Red Bull changed their pre-season approach with the RB14 after suffering from slow starts to both the 2016 and 2017 campaigns. In previous years the team had delayed the car's launch to allow more factory development time, but analysis showed this strategy left them with an uncompetitive package at the season opener, even if the cars improved as the year progressed. Team principal Christian Horner revealed that bringing the launch forward would allow more on-track data collection and give engineers a head start on real-world setup work.
The RB14 was publicly unveiled in February, and Daniel Ricciardo completed a shakedown of the car at Silverstone one week before pre-season testing officially began in Barcelona.
The RB14 competed at a time when the Renault power unit remained the primary limiting factor for Red Bull's championship aspirations. Despite consistently strong chassis performance from the Milton Keynes-based team — and Adrian Newey's continued aerodynamic contributions — the power gap to Ferrari and Mercedes remained a chronic constraint.

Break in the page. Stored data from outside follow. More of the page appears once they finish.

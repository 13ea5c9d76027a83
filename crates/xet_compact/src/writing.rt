//! Documents of stores in order, written token by token.
ghost use Rattle.std.specs.Prelude.{◌≡◌, ◌<◌, ◌∷◌, [], All, IfOk, OnOk, Some, codes, map, string_bytes};
ghost use Rattle.std.specs.List.{flat_map};
ghost use Rattle.hex.specs.Hex.{encode_lower};
ghost use Rattle.json.specs.Token.{begin_object, key, string};
ghost use Rattle.serde_json.specs.Read.{read};
ghost use Rattle.xet_store.specs.Refusals.{stored_term};
ghost use Rattle.xet_audit.specs.Raws.{file_of_raw, store_of_raw};
ghost use Rattle.xet_compact.specs.Documents.{IsHash, IsInOrder, IsListable, IsListableFile, IsListableTerm};
ghost use Rattle.xet_compact.specs.Documents.{IsListableXorb, document_data, document_text};
ghost use Rattle.xet_compact.specs.steps.Writes.{Adds, chunk_tokens, file_tokens, store_tokens, term_tokens};
ghost use Rattle.xet_compact.specs.steps.Writes.{within_tokens, xorb_tokens};

use crate::documents::digits_of;
use bytes::Bytes;
use json::Writer;
use std::alloc::Global;
use xet_audit::{RawFile, RawStore, RawXorb};
use xet_base::{FileDataSequenceEntry, MerkleHash, OutOfMemory};

/// The document of a store in order. It takes memory for the text alone.
pub(crate) fn text_in_order(alloc: Global, raw: &RawStore) -> Result<String, OutOfMemory>
    requires { IsInOrder (store_of_raw raw.now) }
    ensures text { IfOk result (λ text. string_bytes text ≡ document_text (store_of_raw raw.now)) }
    ensures reads { IfOk result (λ text. read (string_bytes text) ≡ Some (document_data (store_of_raw raw.now))) }
    ensures told { OnOk result (IsListable (store_of_raw raw.now)) }
{
    let mut out = Writer::new(Vec::new(alloc));
    write_store(alloc, raw, &mut out)?;
    Ok(String::from_utf8(out.into_inner()).unwrap())
}

// Writes a store.
fn write_store(alloc: Global, raw: &RawStore, out: &mut Writer) -> Result<(), OutOfMemory>
    ensures written { OnOk result (Adds out.old out.new (store_tokens (store_of_raw raw.now))) }
    ensures told { OnOk result (IsListable (store_of_raw raw.now)) }
{
    out.begin_object()?;
    write_all_files(alloc, raw.files.as_slice(), out)?;
    write_all_xorbs(alloc, raw.xorbs.as_slice(), out)?;
    out.end_object()?;
    Ok(())
}

// Begins an object of this name.
fn begin(name: &str, out: &mut Writer) -> Result<(), OutOfMemory>
    ensures { OnOk result (Adds out.old out.new (key name.now ∷ begin_object ∷ [])) }
{
    out.key(name)?;
    out.begin_object()?;
    Ok(())
}

// Writes the object of the files.
fn write_all_files(alloc: Global, files: &[RawFile], out: &mut Writer) -> Result<(), OutOfMemory>
    ensures written { OnOk result (Adds out.old out.new
        (within_tokens (codes "files") (flat_map file_tokens (map file_of_raw files.now)))) }
    ensures told { OnOk result (All IsListableFile (map file_of_raw files.now)) }
{
    begin("files", out)?;
    write_files(alloc, files, out)?;
    out.end_object()?;
    Ok(())
}

// Writes the object of the xorbs.
fn write_all_xorbs(alloc: Global, xorbs: &[RawXorb], out: &mut Writer) -> Result<(), OutOfMemory>
    ensures written { OnOk result (Adds out.old out.new
        (within_tokens (codes "xorbs") (flat_map xorb_tokens xorbs.now))) }
    ensures told { OnOk result (All IsListableXorb xorbs.now) }
{
    begin("xorbs", out)?;
    write_xorbs(alloc, xorbs, out)?;
    out.end_object()?;
    Ok(())
}

// Writes files.
fn write_files(alloc: Global, files: &[RawFile], out: &mut Writer) -> Result<(), OutOfMemory>
    ensures written { OnOk result (Adds out.old out.new (flat_map file_tokens (map file_of_raw files.now))) }
    ensures told { OnOk result (All IsListableFile (map file_of_raw files.now)) }
{
    for file in files {
        write_file(alloc, file, out)?;
    }
    Ok(())
}

// Writes a file: its hash and its terms.
fn write_file(alloc: Global, file: &RawFile, out: &mut Writer) -> Result<(), OutOfMemory>
    ensures written { OnOk result (Adds out.old out.new (file_tokens (file_of_raw file.now))) }
    ensures told { OnOk result (IsListableFile (file_of_raw file.now)) }
{
    write_key(alloc, file.hash, out)?;
    out.begin_array()?;
    write_terms(alloc, file.terms.as_slice(), out)?;
    out.end_array()?;
    Ok(())
}

// Writes terms.
fn write_terms(
    alloc: Global,
    terms: &[FileDataSequenceEntry],
    out: &mut Writer,
) -> Result<(), OutOfMemory>
    ensures written { OnOk result (Adds out.old out.new (flat_map term_tokens (map stored_term terms.now))) }
    ensures told { OnOk result (All (λ t. IsListableTerm (stored_term t)) terms.now) }
{
    for term in terms {
        write_term(alloc, *term, out)?;
    }
    Ok(())
}

// Writes a term: the hash of its xorb, and the numbers of its first chunk and of the one after its last.
fn write_term(
    alloc: Global,
    term: FileDataSequenceEntry,
    out: &mut Writer,
) -> Result<(), OutOfMemory>
    ensures written { OnOk result (Adds out.old out.new (term_tokens (stored_term term))) }
    ensures told { OnOk result (IsListableTerm (stored_term term)) }
{
    out.begin_array()?;
    write_bytes(alloc, term.xorb.0.as_slice(), out)?;
    out.u64(u64::from(term.from))?;
    out.u64(u64::from(term.to))?;
    out.end_array()?;
    Ok(())
}

// Writes xorbs.
fn write_xorbs(alloc: Global, xorbs: &[RawXorb], out: &mut Writer) -> Result<(), OutOfMemory>
    ensures written { OnOk result (Adds out.old out.new (flat_map xorb_tokens xorbs.now)) }
    ensures told { OnOk result (All IsListableXorb xorbs.now) }
{
    for xorb in xorbs {
        write_xorb(alloc, xorb, out)?;
    }
    Ok(())
}

// Writes a xorb: its hash and its chunks.
fn write_xorb(alloc: Global, xorb: &RawXorb, out: &mut Writer) -> Result<(), OutOfMemory>
    ensures written { OnOk result (Adds out.old out.new (xorb_tokens xorb.now)) }
    ensures told { OnOk result (IsListableXorb xorb.now) }
{
    write_key(alloc, xorb.hash, out)?;
    out.begin_array()?;
    write_chunks(alloc, xorb.chunks.as_slice(), out)?;
    out.end_array()?;
    Ok(())
}

// Writes the chunks of a xorb.
fn write_chunks(alloc: Global, chunks: &[Bytes], out: &mut Writer) -> Result<(), OutOfMemory>
    ensures written { OnOk result (Adds out.old out.new (flat_map chunk_tokens chunks.now)) }
    ensures told { OnOk result (All (λ c. All (λ b. b < 256) c) chunks.now) }
{
    for chunk in chunks {
        write_bytes(alloc, chunk.as_slice(), out)?;
    }
    Ok(())
}

// Writes a hash as the name of what follows.
fn write_key(alloc: Global, hash: MerkleHash, out: &mut Writer) -> Result<(), OutOfMemory>
    ensures written { OnOk result (Adds out.old out.new (key (encode_lower hash.0) ∷ [])) }
    ensures told { IsHash hash }
{
    let digits = digits_of(alloc, hash.0.as_slice())?;
    out.key(digits.as_str())?;
    Ok(())
}

// Writes bytes in digits.
fn write_bytes(alloc: Global, bytes: &[u8], out: &mut Writer) -> Result<(), OutOfMemory>
    ensures written { OnOk result (Adds out.old out.new (string (encode_lower bytes.now) ∷ [])) }
    ensures told { All (λ b. b < 256) bytes.now }
{
    let digits = digits_of(alloc, bytes)?;
    out.string(digits.as_str())?;
    Ok(())
}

The season saw both drivers deliver strong performances and podiums, but championship contention proved out of reach. Ricciardo secured a memorable victory in Monaco, where his wheel gun suffered a failure during a pit stop and he continued to win the race on three effective tyres. Verstappen, who was battling mechanical and racing reliability issues of his own, took wins in Austria and Mexico among others.
The 2018 season also became notable off-track for the announcement by Ricciardo that he would leave Red Bull at the end of the year to join Renault, seeking a change of environment and a different project. His departure was a significant moment for the team, as he was one of the sport's most popular drivers and had been paired with Verstappen since 2016.
Ricciardo and Verstappen wore special cowboy-styled race suits at the United States Grand Prix in Austin as a tribute to Texas, one of the more distinctive off-the-grid moments associated with the RB14's season.
The RB14 stands as the bookend of a lengthy period in which Red Bull used Renault customer power, a relationship that had delivered four consecutive world championships between 2010 and 2013 but produced increasingly difficult seasons as the turbo-hybrid era placed new demands on the power unit. The switch to Honda for 2019 — initially seen as a gamble given Honda's troubled recent return to Formula One with McLaren — would ultimately prove transformative, leading to the championship-winning campaigns of subsequent years. The RB14 season, while competitive in patches, underscored why the change was necessary.